## EXERCISE MATERIALS
^^^^
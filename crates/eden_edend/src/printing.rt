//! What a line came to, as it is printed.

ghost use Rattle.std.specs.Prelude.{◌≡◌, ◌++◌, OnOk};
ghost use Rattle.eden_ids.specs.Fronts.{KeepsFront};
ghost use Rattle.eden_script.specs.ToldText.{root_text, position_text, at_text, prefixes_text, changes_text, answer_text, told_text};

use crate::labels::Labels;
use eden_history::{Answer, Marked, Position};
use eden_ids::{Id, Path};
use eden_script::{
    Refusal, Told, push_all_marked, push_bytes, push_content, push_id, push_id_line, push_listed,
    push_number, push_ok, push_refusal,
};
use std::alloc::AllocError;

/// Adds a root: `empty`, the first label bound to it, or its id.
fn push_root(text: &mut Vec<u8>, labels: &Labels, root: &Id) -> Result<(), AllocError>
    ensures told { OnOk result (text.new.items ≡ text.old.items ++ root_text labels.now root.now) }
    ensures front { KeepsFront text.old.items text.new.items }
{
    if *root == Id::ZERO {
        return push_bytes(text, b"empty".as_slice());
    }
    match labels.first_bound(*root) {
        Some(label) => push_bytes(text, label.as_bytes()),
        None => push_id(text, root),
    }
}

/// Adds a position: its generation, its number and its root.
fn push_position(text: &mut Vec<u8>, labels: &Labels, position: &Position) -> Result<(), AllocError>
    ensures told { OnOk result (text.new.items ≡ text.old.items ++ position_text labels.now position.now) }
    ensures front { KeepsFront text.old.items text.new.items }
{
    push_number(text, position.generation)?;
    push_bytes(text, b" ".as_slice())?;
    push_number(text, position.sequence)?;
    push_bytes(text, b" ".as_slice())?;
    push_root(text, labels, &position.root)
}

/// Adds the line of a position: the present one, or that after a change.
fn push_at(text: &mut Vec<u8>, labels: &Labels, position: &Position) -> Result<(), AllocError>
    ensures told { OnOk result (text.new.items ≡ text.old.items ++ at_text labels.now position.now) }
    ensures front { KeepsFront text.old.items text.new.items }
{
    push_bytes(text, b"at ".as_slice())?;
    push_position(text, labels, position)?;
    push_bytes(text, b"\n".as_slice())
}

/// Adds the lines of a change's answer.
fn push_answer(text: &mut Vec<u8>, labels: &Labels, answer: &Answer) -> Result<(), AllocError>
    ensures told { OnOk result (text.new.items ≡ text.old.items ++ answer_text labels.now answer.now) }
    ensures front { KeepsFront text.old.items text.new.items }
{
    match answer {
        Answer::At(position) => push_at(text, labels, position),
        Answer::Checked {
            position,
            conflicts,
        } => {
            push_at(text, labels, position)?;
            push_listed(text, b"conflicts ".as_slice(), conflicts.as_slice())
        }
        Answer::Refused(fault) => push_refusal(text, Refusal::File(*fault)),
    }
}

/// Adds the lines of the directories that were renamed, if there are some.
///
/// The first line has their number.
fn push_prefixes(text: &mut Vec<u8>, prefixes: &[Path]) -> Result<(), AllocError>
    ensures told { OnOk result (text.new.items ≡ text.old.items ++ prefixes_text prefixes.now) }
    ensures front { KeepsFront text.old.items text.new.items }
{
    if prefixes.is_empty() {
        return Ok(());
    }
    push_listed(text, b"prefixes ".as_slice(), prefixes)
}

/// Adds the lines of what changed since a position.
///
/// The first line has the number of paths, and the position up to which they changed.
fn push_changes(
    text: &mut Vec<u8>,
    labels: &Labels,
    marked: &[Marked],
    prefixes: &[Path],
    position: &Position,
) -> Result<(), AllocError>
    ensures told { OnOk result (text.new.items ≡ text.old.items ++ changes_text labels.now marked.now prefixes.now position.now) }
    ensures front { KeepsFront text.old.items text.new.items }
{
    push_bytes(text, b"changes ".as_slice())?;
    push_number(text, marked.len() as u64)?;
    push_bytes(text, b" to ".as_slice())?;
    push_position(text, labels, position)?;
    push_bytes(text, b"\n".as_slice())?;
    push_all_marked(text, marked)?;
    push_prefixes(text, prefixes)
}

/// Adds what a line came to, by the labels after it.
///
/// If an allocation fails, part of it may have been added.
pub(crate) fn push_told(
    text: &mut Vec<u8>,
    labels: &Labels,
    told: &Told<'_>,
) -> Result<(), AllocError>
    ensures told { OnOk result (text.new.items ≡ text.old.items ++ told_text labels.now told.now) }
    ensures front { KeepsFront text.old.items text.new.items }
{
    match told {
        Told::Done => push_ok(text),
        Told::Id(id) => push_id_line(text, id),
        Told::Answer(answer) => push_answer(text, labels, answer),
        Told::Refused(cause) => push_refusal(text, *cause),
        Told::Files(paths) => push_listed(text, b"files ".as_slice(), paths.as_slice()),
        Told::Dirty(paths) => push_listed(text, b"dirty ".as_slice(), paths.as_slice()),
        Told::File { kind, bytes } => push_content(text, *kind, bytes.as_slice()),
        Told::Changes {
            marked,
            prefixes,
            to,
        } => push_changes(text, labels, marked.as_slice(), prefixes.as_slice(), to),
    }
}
^^^^
## TRY IT
Transcribe the data in full, keeping every character.

## EXERCISE RESPONSE
filename crates/eden_edend/src/printing.rt
//! What a line came to, as it is printed.

ghost use Rattle.std.specs.Prelude.{◌≡◌, ◌++◌, OnOk};
ghost use Rattle.eden_ids.specs.Fronts.{KeepsFront};
ghost use Rattle.eden_script.specs.ToldText.{root_text, position_text, at_text, prefixes_text, changes_text, answer_text, told_text};

use crate::labels::Labels;
use eden_history::{Answer, Marked, Position};
use eden_ids::{Id, Path};
use eden_script::{
    Refusal, Told, push_all_marked, push_bytes, push_content, push_id, push_id_line, push_listed,
    push_number, push_ok, push_refusal,
};
use std::alloc::AllocError;

/// Adds a root: `empty`, the first label bound to it, or its id.
fn push_root(text: &mut Vec<u8>, labels: &Labels, root: &Id) -> Result<(), AllocError>
    ensures told { OnOk result (text.new.items ≡ text.old.items ++ root_text labels.now root.now) }
    ensures front { KeepsFront text.old.items text.new.items }
{
    if *root == Id::ZERO {
        return push_bytes(text, b"empty".as_slice());
    }
    match labels.first_bound(*root) {
        Some(label) => push_bytes(text, label.as_bytes()),
        None => push_id(text, root),
    }
}

/// Adds a position: its generation, its number and its root.
fn push_position(text: &mut Vec<u8>, labels: &Labels, position: &Position) -> Result<(), AllocError>
    ensures told { OnOk result (text.new.items ≡ text.old.items ++ position_text labels.now position.now) }
    ensures front { KeepsFront text.old.items text.new.items }
{
    push_number(text, position.generation)?;
    push_bytes(text, b" ".as_slice())?;
    push_number(text, position.sequence)?;
    push_bytes(text, b" ".as_slice())?;
    push_root(text, labels, &position.root)
}

/// Adds the line of a position: the present one, or that after a change.
fn push_at(text: &mut Vec<u8>, labels: &Labels, position: &Position) -> Result<(), AllocError>
    ensures told { OnOk result (text.new.items ≡ text.old.items ++ at_text labels.now position.now) }
    ensures front { KeepsFront text.old.items text.new.items }
{
    push_bytes(text, b"at ".as_slice())?;
    push_position(text, labels, position)?;
    push_bytes(text, b"\n".as_slice())
}

/// Adds the lines of a change's answer.
fn push_answer(text: &mut Vec<u8>, labels: &Labels, answer: &Answer) -> Result<(), AllocError>
    ensures told { OnOk result (text.new.items ≡ text.old.items ++ answer_text labels.now answer.now) }
    ensures front { KeepsFront text.old.items text.new.items }
{
    match answer {
        Answer::At(position) => push_at(text, labels, position),
        Answer::Checked {
            position,
            conflicts,
        } => {
            push_at(text, labels, position)?;
            push_listed(text, b"conflicts ".as_slice(), conflicts.as_slice())
        }
        Answer::Refused(fault) => push_refusal(text, Refusal::File(*fault)),
    }
}

/// Adds the lines of the directories that were renamed, if there are some.
///
/// The first line has their number.
fn push_prefixes(text: &mut Vec<u8>, prefixes: &[Path]) -> Result<(), AllocError>
    ensures told { OnOk result (text.new.items ≡ text.old.items ++ prefixes_text prefixes.now) }
    ensures front { KeepsFront text.old.items text.new.items }
{
    if prefixes.is_empty() {
        return Ok(());
    }
    push_listed(text, b"prefixes ".as_slice(), prefixes)
}

/// Adds the lines of what changed since a position.
///
/// The first line has the number of paths, and the position up to which they changed.
fn push_changes(
    text: &mut Vec<u8>,
    labels: &Labels,
    marked: &[Marked],
    prefixes: &[Path],
    position: &Position,
) -> Result<(), AllocError>
    ensures told { OnOk result (text.new.items ≡ text.old.items ++ changes_text labels.now marked.now prefixes.now position.now) }
    ensures front { KeepsFront text.old.items text.new.items }
{
    push_bytes(text, b"changes ".as_slice())?;
    push_number(text, marked.len() as u64)?;
    push_bytes(text, b" to ".as_slice())?;
    push_position(text, labels, position)?;
    push_bytes(text, b"\n".as_slice())?;
    push_all_marked(text, marked)?;
    push_prefixes(text, prefixes)
}

/// Adds what a line came to, by the labels after it.
///
/// If an allocation fails, part of it may have been added.
pub(crate) fn push_told(
    text: &mut Vec<u8>,
    labels: &Labels,
    told: &Told<'_>,
) -> Result<(), AllocError>
    ensures told { OnOk result (text.new.items ≡ text.old.items ++ told_text labels.now told.now) }
    ensures front { KeepsFront text.old.items text.new.items }
{
    match told {
        Told::Done => push_ok(text),
        Told::Id(id) => push_id_line(text, id),
        Told::Answer(answer) => push_answer(text, labels, answer),
        Told::Refused(cause) => push_refusal(text, *cause),
        Told::Files(paths) => push_listed(text, b"files ".as_slice(), paths.as_slice()),
        Told::Dirty(paths) => push_listed(text, b"dirty ".as_slice(), paths.as_slice()),
        Told::File { kind, bytes } => push_content(text, *kind, bytes.as_slice()),
        Told::Changes {
            marked,
            prefixes,
            to,
        } => push_changes(text, labels, marked.as_slice(), prefixes.as_slice(), to),
    }
}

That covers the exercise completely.